Crônica de uma Saudade

Centenário do Poeta Mário Quintana


 


 

Pois é, querido poeta Mário Quintana, hoje é três de julho de 2006 e
farias cem anos!. Farias, não, que fazes, tu sabes o lugar que estás, pois o
lugar que estás é o lugar-luz que és, até mesmo e principalmente na escala de valores literário da história. És nome de escola, de rua, de biblioteca, a
casa-hotel em que habitavas agora é um Centro Cultural, e lá está a memória viva de tu´alma, teus tarecos diversos entre objetos que te inspiraram, nos poemas que deixaste para nosotros.

Ouvi e vi um menino vidrado te declamando todo garbo, vi tua filha inaugurando uma mostra-exposição, vi teu quarto de dormir - e ainda sonhas? - porque tudo na vidinha passa, mas foste menino-passarinho, com tua poética-passarinho, e lá estava a moça cicerone dando uma lanterna para a turista-repórter boquiaberta te ler em poemas murais, aclareado no escuro, numa bela montagem-instalação de ti, muito além de ti. Já pensou, guri?

Centenário é um poema do longe dentro da gente, ou da gente dentro do longe saudoso e quase pensadilho também?

Pois é, caro poeta Mário Quintana, com tua poesia quintanilha, punhas a alma avelã no quorador das idéias, e secavas o teu poema numa fresta da folha da janela, numa fresta-pano do varal, num ponto de fuga todo especial de ti; tua poética quintaneira de quintais urbanos, trapézios enluados, enfeitiçando a petizada, fuzarqueando, tu mesmo um guri a desvendar os véus de utopias, nas releituras tantas, ricas, páginas viradas de vidas e memórias, de contações e das quireras líricas de tua estadia no meio de nós, poemas aos quatro cantos e aos quatro ventos.

Teu poetar morava nas idéias das coisas. Hoje são cantares, cantatas, nênias e invencionices puras, mosaicos de tua alma nau.

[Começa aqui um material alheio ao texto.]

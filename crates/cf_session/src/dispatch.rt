//! `answer`, the one match over all commands: does a command on the heap and writes its reply. Each
//! line begins with the lead (in mode `compare` the kind's name and a space, else empty).
ghost use Rattle.std.specs.Prelude.{◌≡◌, ◌^◌, ◌≤◌, length};
ghost use Rattle.cf_base.specs.declared.numbers.TheConstants.{CHUNK};
ghost use Rattle.run_model.specs.Terms.{IsGoing, IsWellFormed, owned_command, SinkFailsIf};
ghost use Rattle.cf_session.specs.Apply.{AppliesOneManager, moment_at};
ghost use Rattle.cf_session.specs.Records.{run_with, session_of};
ghost use Rattle.std.specs.Result.{is_err};

use crate::changes::{free, malloc, resize, set_bound, write};
use crate::outcome::Outcome;
use crate::queries::{block, build_steps_line, peek, place, read};
use crate::records::Records;
use crate::reply::{ended, put_reply, put_short_line};
use crate::short::Short;
use cf_base::Failed;
use cf_io::{Line, Sink};
use cf_model::Manager;
use frag_report::{frag_line, walk_lines};
use script_reader::CommandRef;
use step_ledger::Steps;

/// For a `Session`, does command `c` and writes its reply to `out`; a command of another mode gets
/// `none`. Each line is passed to the sink as a whole. Returns the outcome of the reply. If the
/// sink fails, the result is `Failed`: the command has taken effect, and a prefix of its reply was
/// written. `line`, `buffer` and `text` are scratch: `line` for a line of any reply, and, for `r`
/// alone, `buffer` of 4,096 bytes for the bytes read and `text` of 8,202 bytes for the line that
/// shows them. The run must be in progress (`IsGoing`), the fields of `c` in the ranges of the
/// grammar, the lead at most 8 bytes, and the count of `steps` at most 2^63.
// All commands are in one match: if the compiler knows a caller's command, it inlines that branch alone.
pub(crate) fn answer<H: Manager, K: Sink>(
    records: &mut Records,
    heap: &mut H,
    c: CommandRef,
    lead: &[u8],
    buffer: &mut [u8],
    text: &mut [u8],
    line: &mut Line,
    out: &mut K,
    steps: &mut Steps,
) -> Result<Outcome, Failed>
    requires going { IsGoing (run_with records.old (H.state heap.old)) }
    requires formed { IsWellFormed (owned_command c) }
    requires lead { length lead.now ≤ 8 }
    requires buffer { length buffer.old ≡ CHUNK }
    requires text { length text.old ≡ 8202 }
    requires room { steps.old ≤ 2 ^ 63 }
    ensures step { AppliesOneManager (moment_at (session_of records.old) (H.state heap.old) (K.state out.old).written)
        (record { command = owned_command c.entry; lead = lead.now })
        result (moment_at (session_of records.new) (H.state heap.new) (K.state out.new).written) }
    ensures sink { SinkFailsIf (is_err result) (K.state out.old) (K.state out.new) }
{
    match c {
        CommandRef::Malloc { id, bytes } => {
            put_short_line(malloc(records, heap, id, bytes, steps), lead, line, out)
        }
        CommandRef::Free { id } => put_short_line(free(records, heap, id, steps), lead, line, out),
        CommandRef::Write { id, at, bytes } => {
            put_short_line(write(records, heap, id, at, bytes, steps), lead, line, out)
        }
        CommandRef::Read { id, at, len } => {
            read(
                records, heap, id, at, len, buffer, text, lead, line, out, steps,
            )
        }
        CommandRef::Resize { id, bytes } => {
            put_short_line(resize(records, heap, id, bytes, steps), lead, line, out)
        }
        CommandRef::Bound { slot_words, k } => {
            put_short_line(set_bound(records, heap, slot_words, k), lead, line, out)
        }
        CommandRef::Place { id } => put_reply(
            place(records, heap, id, lead, line, steps),
            lead,
            line,
            out,
        ),
        CommandRef::Block { id, i } => {
            put_reply(
                block(records, heap, id, i, lead, line, steps),
                lead,
                line,
                out,
            )
        }
        CommandRef::Peek { word } => put_reply(
            peek(heap, word, lead, line, steps),
            lead,
            line,
            out,
        ),
        CommandRef::Steps => put_reply(
            build_steps_line(records, heap, lead, line),
            lead,
            line,
            out,
        ),
        CommandRef::Walk => ended(walk_lines(heap, lead, line, out, steps), Outcome::Other),
        CommandRef::Frag => ended(frag_line(heap, lead, line, out, steps), Outcome::Other),
        _ => put_short_line(Short::Lacking, lead, line, out),
    }
}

No galeio de teus versos, a poesia trololó, peneiradinha com um gauche em torno de coisas primárias, básicas, primordiais, nutridas pelo teu açúcar, extrativismos de momentos, recolhes de pertencimentos, técnicas de cortar cana e fazer doces palitos-poemas, pilhas-palitos-poemas, energizando o lado piá (grotesco-bucólico) da gente, brava gente, mais a vidinha maroteira das idéias chãs, dando um gute-gute, um chape-chape, feito um recolhedor de focos, polaróides, fotogramas, closes, insights, com tua poetagem que esparramava haicais tropicais em sulinos berços esplêndidos, feito um moinho letral de dizer contentices noturnais e bonitezas pré-aurorais.

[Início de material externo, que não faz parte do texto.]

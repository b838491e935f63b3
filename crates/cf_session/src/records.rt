//! What a session knows of its script so far: the live ids, and the counters that command `steps` prints.
ghost use Rattle.std.specs.Prelude.{◌≡◌, IfOk};
ghost use Rattle.cf_session.specs.Records.{session_of};
ghost use Rattle.run_model.specs.Sessions.{fresh_session};

use cf_base::OutOfMemory;
use id_table::{Counters, IdTable};
use std::alloc::Global;

/// The records of a session. `ids` maps each live id to its handle. `counters` has the step bound
/// of the last malloc, free or resize, how many objects moved into freed slots, and the words of
/// these slots.
#[derive(Drop)]
pub(crate) struct Records {
    pub(crate) ids: IdTable,
    pub(crate) counters: Counters,
}

impl Records {
    /// A session's records in which no id is live. Allocates the table of all ids; fails only if memory runs out.
    pub(crate) fn new(alloc: Global) -> Result<Records, OutOfMemory>
        ensures { IfOk result (λ r. session_of r ≡ fresh_session) }
    {
        Ok(Records {
            ids: IdTable::new(alloc)?,
            counters: Counters::new(),
        })
    }
}
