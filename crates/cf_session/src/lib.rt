//! A session: it maps a script's ids to the objects of one manager, does the script's commands on that manager,
//! and writes their replies. The sessions of other modes use its short replies too.
#![tactic(auto)]

mod changes;
mod dispatch;
mod namer;
mod outcome;
mod queries;
mod records;
mod reply;
mod session;
mod short;

pub use outcome::Outcome;
pub use reply::ended;
pub use session::Session;
pub use short::{Short, fault_reply, push_bytes, push_short, refusal_reply};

Mário Quintana com cem anos, e ainda ali pondo tua alma criança para poetar o belo, o mágico, a poesia que saía leve e suave, nuvem e solta, poucos versos nas metragens e tanto conteúdo existencial. Farias cem anos, belo, e aqui ainda fazes conosco, com teus livros, tuas fotos, tua poesia de ninar gente grande, poeta-passarinho.

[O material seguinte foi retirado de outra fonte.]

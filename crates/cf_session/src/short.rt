//! Replies of one line: the fixed texts that sessions of all modes use (`Short`), which of them a
//! malloc, read or write gets that the heap refuses, and how a reply is appended to a line.
ghost use Rattle.std.specs.Prelude.{◌≡◌, ◌<◌, ◌≤◌, ◌++◌, ◌∷◌, [], Err, codes, length};
ghost use Rattle.cf_base.specs.declared.numbers.TheConstants.{CHUNK};
ghost use Rattle.cf_io.specs.Lines.{line_capacity};
ghost use Rattle.cf_session.specs.Apply.{outcome_in};
ghost use Rattle.cf_session.specs.Short.{short_text};
ghost use Rattle.hex.specs.Hex.{encode_lower};
ghost use Rattle.run_model.specs.Replies.{malloc_text, write_text};

use crate::outcome::Outcome;
use cf_base::{AccessFault, Refusal};
use cf_io::{Line, push_text};

/// A reply of one line: `Short`, a fixed text that isn't in the buffer `line` yet; or `Written`, the outcome of a
/// reply that `line` holds already.
#[derive(Clone, Copy)]
pub(crate) enum OneLine {
    Short(Short),
    Written(Outcome),
}

/// A reply that is one fixed text; `text_line` has the text of each. Sessions of every mode use them.
#[derive(Clone, Copy)]
pub enum Short {
    Done,
    Live,
    Unknown,
    Range,
    Lacking,
    Busy,
    Full,
    RefusedSize,
    RefusedProxy,
    RefusedSpace,
    RefusedSum,
    RefusedUsed,
}

impl Short {
    /// The text of the short reply, with a line feed at its end.
    pub(crate) fn text_line(self) -> &'static [u8]
        ensures text { result.now ≡ short_text self ++ 10 ∷ [] }
        ensures short { length result.now ≤ 20 }
    {
        match self {
            Short::Done => b"ok\n",
            Short::Live => b"live\n",
            Short::Unknown => b"unknown\n",
            Short::Range => b"range\n",
            Short::Lacking => b"none\n",
            Short::Busy => b"busy\n",
            Short::Full => b"full\n",
            Short::RefusedSize => b"refused size\n",
            Short::RefusedProxy => b"refused proxy\n",
            Short::RefusedSpace => b"refused space\n",
            Short::RefusedSum => b"refused sum\n",
            Short::RefusedUsed => b"refused used\n",
        }
    }

    /// The outcome of the short reply: `Good` for `ok`, `Refused` for a text that begins with `refused`, else `Other`.
    pub(crate) fn outcome(self) -> Outcome
        ensures { result ≡ outcome_in (short_text self) }
    {
        match self {
            Short::Done => Outcome::Good,
            Short::Live
            | Short::Unknown
            | Short::Range
            | Short::Lacking
            | Short::Busy
            | Short::Full => Outcome::Other,
            Short::RefusedSize
            | Short::RefusedProxy
            | Short::RefusedSpace
            | Short::RefusedSum
            | Short::RefusedUsed => Outcome::Refused,
        }
    }
}

/// The short reply to a malloc that a heap refused.
pub fn refusal_reply(refusal: Refusal) -> Short
    ensures { short_text result ≡ malloc_text (Err refusal) }
{
    match refusal {
        Refusal::Size => Short::RefusedSize,
        Refusal::Proxy => Short::RefusedProxy,
        Refusal::Space => Short::RefusedSpace,
    }
}

/// The short reply to a read or a write that a heap refused.
pub fn fault_reply(fault: AccessFault) -> Short
    ensures { short_text result ≡ write_text (Err fault) }
{
    match fault {
        AccessFault::Unknown => Short::Unknown,
        AccessFault::Range => Short::Range,
    }
}

/// Appends the text of a short reply to an empty line, without a line feed, and returns the reply's
/// outcome.
pub fn push_short(line: &mut Line, short: Short) -> Outcome
    requires { line.old ≡ [] }
    ensures text { line.new ≡ short_text short }
    ensures room { length line.new < line_capacity }
    ensures outcome { result ≡ outcome_in line.new }
{
    let text = short.text_line();
    push_text(line, &text[..text.len() - 1]);
    short.outcome()
}

/// Appends the reply to a read to an empty line: `=` and the bytes, at most 4,096, in hexadecimal,
/// without a line feed. Returns the reply's outcome.
pub fn push_bytes(line: &mut Line, bytes: &[u8]) -> Outcome
    requires empty { line.old ≡ [] }
    requires few { length bytes.now ≤ CHUNK }
    ensures text { line.new ≡ codes "=" ++ encode_lower bytes.now }
    ensures room { length line.new < line_capacity }
    ensures outcome { result ≡ outcome_in line.new }
{
    push_text(line, b"=");
    line.push_hex(bytes).unwrap();
    Outcome::Good
}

No roda-cotia das doces relembranças, o teu sereno olhar de avoar jabuti, a tua voz de menino grande, como uma pequena clarineta-requinta afinada de vivências, os teus gestos magnos, mais o teu olhar acima e sobre todas as coisas, tirando fragmentos de instantes nus, atiçando nodais de injustiças, pincelando tua vida por registrar isso mesmo: teu tempo, as asperezas dos homens, as lanternas sobre tristices dessa gente humilde e a voz do povo resgatada em teu lirismo que embonitava tudo.

Cem anos, Mário Quintana, pois que viajaste fora do combinado, foste poetar nos pagos celestes enserenados de divindades, e nós aqui sem um fotógrafo de registros comuns, cotidianos, como tu; que dão seladura à tabua de carne dessa vidinha que seria uma merreca, se não foste o que deixaste de lastro lavra, um olhar que via da lagarta de couve ao long-play de Caruso com voz enlivrada por teus criares. Fazes falta, poeta, fazes falta.

Saberias colocar quebra-queixo nos nossos curtumes e purgações, porque teus poemas eram esse grude que enricava a nossa alma por teus olhares sadios e recuperadores de momentos, imagens e sentimentos. Na maria-mole queimada de teus poemas, no suspiro cor-de-rosa de tuas palavras, no pé-de-moleque de teu serpentear versos, ficamos sem a benção de teu poetar bendito, buquê de elencos versejados.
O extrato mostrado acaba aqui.